■ Provided records:
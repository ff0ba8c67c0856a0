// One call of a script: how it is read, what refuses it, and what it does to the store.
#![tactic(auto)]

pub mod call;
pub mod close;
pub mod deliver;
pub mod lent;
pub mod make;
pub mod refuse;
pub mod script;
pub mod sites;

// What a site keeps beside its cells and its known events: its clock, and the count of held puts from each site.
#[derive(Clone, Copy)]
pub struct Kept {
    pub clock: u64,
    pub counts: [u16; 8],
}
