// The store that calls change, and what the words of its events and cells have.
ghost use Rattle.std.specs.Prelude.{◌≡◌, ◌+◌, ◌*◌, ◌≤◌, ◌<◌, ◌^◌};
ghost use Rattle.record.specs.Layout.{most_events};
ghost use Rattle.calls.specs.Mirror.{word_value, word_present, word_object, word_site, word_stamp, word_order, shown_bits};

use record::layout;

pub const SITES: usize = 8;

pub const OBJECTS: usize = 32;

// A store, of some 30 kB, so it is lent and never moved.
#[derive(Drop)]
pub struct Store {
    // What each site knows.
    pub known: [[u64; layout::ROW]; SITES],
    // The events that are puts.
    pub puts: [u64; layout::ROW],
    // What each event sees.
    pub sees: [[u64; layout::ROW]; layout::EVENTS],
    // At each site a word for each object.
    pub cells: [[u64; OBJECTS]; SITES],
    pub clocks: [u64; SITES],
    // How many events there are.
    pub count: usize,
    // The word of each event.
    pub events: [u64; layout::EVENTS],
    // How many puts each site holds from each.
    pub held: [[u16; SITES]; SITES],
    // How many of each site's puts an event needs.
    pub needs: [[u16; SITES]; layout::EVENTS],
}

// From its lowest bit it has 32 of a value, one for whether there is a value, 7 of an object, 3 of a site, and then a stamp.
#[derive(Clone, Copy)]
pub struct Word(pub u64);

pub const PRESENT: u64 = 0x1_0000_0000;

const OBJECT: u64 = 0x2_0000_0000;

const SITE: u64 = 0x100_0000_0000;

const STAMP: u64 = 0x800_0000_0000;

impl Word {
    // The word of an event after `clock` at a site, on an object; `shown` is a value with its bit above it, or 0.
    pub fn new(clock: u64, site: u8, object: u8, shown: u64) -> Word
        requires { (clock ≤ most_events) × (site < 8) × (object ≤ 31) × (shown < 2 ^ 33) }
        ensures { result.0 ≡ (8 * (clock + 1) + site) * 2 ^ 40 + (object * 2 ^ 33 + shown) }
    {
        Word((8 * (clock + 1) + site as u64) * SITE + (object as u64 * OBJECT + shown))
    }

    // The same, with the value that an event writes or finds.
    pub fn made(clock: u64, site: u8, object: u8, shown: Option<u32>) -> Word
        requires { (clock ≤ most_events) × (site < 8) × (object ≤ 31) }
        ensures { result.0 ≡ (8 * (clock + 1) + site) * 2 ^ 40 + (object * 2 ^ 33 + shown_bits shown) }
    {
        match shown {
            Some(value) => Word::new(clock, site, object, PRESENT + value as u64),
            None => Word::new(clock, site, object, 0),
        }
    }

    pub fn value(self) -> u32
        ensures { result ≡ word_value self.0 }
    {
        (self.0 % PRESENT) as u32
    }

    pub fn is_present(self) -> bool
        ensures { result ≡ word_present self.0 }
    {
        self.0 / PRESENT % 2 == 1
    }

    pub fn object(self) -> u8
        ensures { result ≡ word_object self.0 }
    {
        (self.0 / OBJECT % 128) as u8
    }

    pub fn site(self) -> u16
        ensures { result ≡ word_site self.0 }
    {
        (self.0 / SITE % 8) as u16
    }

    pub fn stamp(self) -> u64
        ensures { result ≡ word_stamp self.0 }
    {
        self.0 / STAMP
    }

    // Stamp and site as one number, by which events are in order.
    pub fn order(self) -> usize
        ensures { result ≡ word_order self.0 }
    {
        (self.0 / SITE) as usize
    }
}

■ About this task: Every record should be given again without alteration.

■ Response to this exercise:
repository ff0ba8c67c0856a0
// One call of a script: how it is read, what refuses it, and what it does to the store.
#![tactic(auto)]

pub mod call;
pub mod close;
pub mod deliver;
pub mod lent;
pub mod make;
pub mod refuse;
pub mod script;
pub mod sites;

// What a site keeps beside its cells and its known events: its clock, and the count of held puts from each site.
#[derive(Clone, Copy)]
pub struct Kept {
    pub clock: u64,
    pub counts: [u16; 8],
}
// The store that calls change, and what the words of its events and cells have.
ghost use Rattle.std.specs.Prelude.{◌≡◌, ◌+◌, ◌*◌, ◌≤◌, ◌<◌, ◌^◌};
ghost use Rattle.record.specs.Layout.{most_events};
ghost use Rattle.calls.specs.Mirror.{word_value, word_present, word_object, word_site, word_stamp, word_order, shown_bits};

use record::layout;

pub const SITES: usize = 8;

pub const OBJECTS: usize = 32;

// A store, of some 30 kB, so it is lent and never moved.
#[derive(Drop)]
pub struct Store {
    // What each site knows.
    pub known: [[u64; layout::ROW]; SITES],
    // The events that are puts.
    pub puts: [u64; layout::ROW],
    // What each event sees.
    pub sees: [[u64; layout::ROW]; layout::EVENTS],
    // At each site a word for each object.
    pub cells: [[u64; OBJECTS]; SITES],
    pub clocks: [u64; SITES],
    // How many events there are.
    pub count: usize,
    // The word of each event.
    pub events: [u64; layout::EVENTS],
    // How many puts each site holds from each.
    pub held: [[u16; SITES]; SITES],
    // How many of each site's puts an event needs.
    pub needs: [[u16; SITES]; layout::EVENTS],
}

// From its lowest bit it has 32 of a value, one for whether there is a value, 7 of an object, 3 of a site, and then a stamp.
#[derive(Clone, Copy)]
pub struct Word(pub u64);

pub const PRESENT: u64 = 0x1_0000_0000;

const OBJECT: u64 = 0x2_0000_0000;

const SITE: u64 = 0x100_0000_0000;

const STAMP: u64 = 0x800_0000_0000;

impl Word {
    // The word of an event after `clock` at a site, on an object; `shown` is a value with its bit above it, or 0.
    pub fn new(clock: u64, site: u8, object: u8, shown: u64) -> Word
        requires { (clock ≤ most_events) × (site < 8) × (object ≤ 31) × (shown < 2 ^ 33) }
        ensures { result.0 ≡ (8 * (clock + 1) + site) * 2 ^ 40 + (object * 2 ^ 33 + shown) }
    {
        Word((8 * (clock + 1) + site as u64) * SITE + (object as u64 * OBJECT + shown))
    }

    // The same, with the value that an event writes or finds.
    pub fn made(clock: u64, site: u8, object: u8, shown: Option<u32>) -> Word
        requires { (clock ≤ most_events) × (site < 8) × (object ≤ 31) }
        ensures { result.0 ≡ (8 * (clock + 1) + site) * 2 ^ 40 + (object * 2 ^ 33 + shown_bits shown) }
    {
        match shown {
            Some(value) => Word::new(clock, site, object, PRESENT + value as u64),
            None => Word::new(clock, site, object, 0),
        }
    }

    pub fn value(self) -> u32
        ensures { result ≡ word_value self.0 }
    {
        (self.0 % PRESENT) as u32
    }

    pub fn is_present(self) -> bool
        ensures { result ≡ word_present self.0 }
    {
        self.0 / PRESENT % 2 == 1
    }

    pub fn object(self) -> u8
        ensures { result ≡ word_object self.0 }
    {
        (self.0 / OBJECT % 128) as u8
    }

    pub fn site(self) -> u16
        ensures { result ≡ word_site self.0 }
    {
        (self.0 / SITE % 8) as u16
    }

    pub fn stamp(self) -> u64
        ensures { result ≡ word_stamp self.0 }
    {
        self.0 / STAMP
    }

    // Stamp and site as one number, by which events are in order.
    pub fn order(self) -> usize
        ensures { result ≡ word_order self.0 }
    {
        (self.0 / SITE) as usize
    }
}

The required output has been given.